可观测性:日志、指标与追踪
可观测性:日志、指标与追踪
概述
可观测性是理解系统内部状态的能力。本教程介绍日志、指标和分布式追踪。
1. 日志
import org.slf4j.Logger;
import org.slf4j.LoggerFactory;
import org.slf4j.MDC;
@Component
public class LoggingService {
private static final Logger logger = LoggerFactory.getLogger(LoggingService.class);
public void processRequest(String requestId) {
MDC.put("requestId", requestId);
try {
logger.info("开始处理请求");
// 业务逻辑
logger.info("请求处理完成");
} catch (Exception e) {
logger.error("请求处理失败", e);
} finally {
MDC.clear();
}
}
}
2. 指标
import io.micrometer.core.instrument.*;
import org.springframework.stereotype.Component;
@Component
public class MetricsService {
private final Counter requestCounter;
private final Timer requestTimer;
private final Gauge activeUsers;
public MetricsService(MeterRegistry registry) {
this.requestCounter = Counter.builder("http.requests.total")

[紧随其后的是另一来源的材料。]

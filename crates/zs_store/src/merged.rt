//! What a store answers to a write that is merged into it.

/// What merging a write into a store did.
#[derive(Clone, Copy, Debug, PartialEq, Eq)]
pub enum Merged {
    /// The key was not there: the entry stands at it now.
    New,
    /// What stands at the key is not below the entry, and stays.
    Kept,
    /// What stood at the key is below the entry, which took its place.
    Replaced,
}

.description("Total HTTP requests")
.register(registry);
this.requestTimer = Timer.builder("http.request.duration")
.description("HTTP request duration")
.register(registry);
this.activeUsers = Gauge.builder("app.active.users", this, MetricsService::getActiveUserCount)
.description("Active users count")
.register(registry);
}
public void recordRequest() {
requestCounter.increment();
}
public void recordDuration(long durationMs) {
requestTimer.record(Duration.ofMillis(durationMs));
}
private double getActiveUserCount() {
return activeUserService.getActiveCount();
}
}
3. 分布式追踪
import brave.Tracing;
import brave.sampler.Sampler;
import zipkin2.reporter.AsyncReporter;
import zipkin2.reporter.okhttp3.OkHttpSender;
@Configuration
public class TracingConfig {
@Bean
public Tracing tracing() {
OkHttpSender sender = OkHttpSender.create("http://localhost:9411/api/v2/spans");
AsyncReporter reporter = AsyncReporter.builder(sender).build();
return Tracing.newBuilder()
.localServiceName("my-service")
.spanReporter(reporter)
.sampler(Sampler.ALWAYS_SAMPLE)
.build();
}
}
@Component
public class TracingService {
private final Tracer tracer;
public void processRequest() {
Span span = tracer.newTrace().name("processRequest").start();
try (Tracer.SpanInScope ws = tracer.withSpanInScope(span)) {
// 业务逻辑
span.annotate("processing");
} catch (Exception e) {
span.error(e);
} finally {
span.finish();
}
}
}
4. 实际应用示例
健康检查
@Component
public class HealthIndicator implements org.springframework.boot.actuate.health.HealthIndicator {
@Override
public Health health() {
if (isDatabaseConnected() && isRedisConnected()) {
return Health.up().withDetail("database", "connected").build();
}
return Health.down().withDetail("database", "disconnected").build();
}
}
Prometheus指标
management:
endpoints:
web:
exposure:
include: health,metrics,prometheus
metrics:
export:
prometheus:
enabled: true
5. 最佳实践
- 结构化日志:使用JSON格式记录日志
- 统一指标命名:遵循Prometheus命名规范
- 采样策略:合理设置追踪采样率
- 上下文传播:在服务间传播追踪上下文
- 监控告警:设置合理的告警阈值
总结
可观测性是理解系统内部状态的能力。掌握日志、指标和分布式追踪,可以构建可维护、可诊断的系统。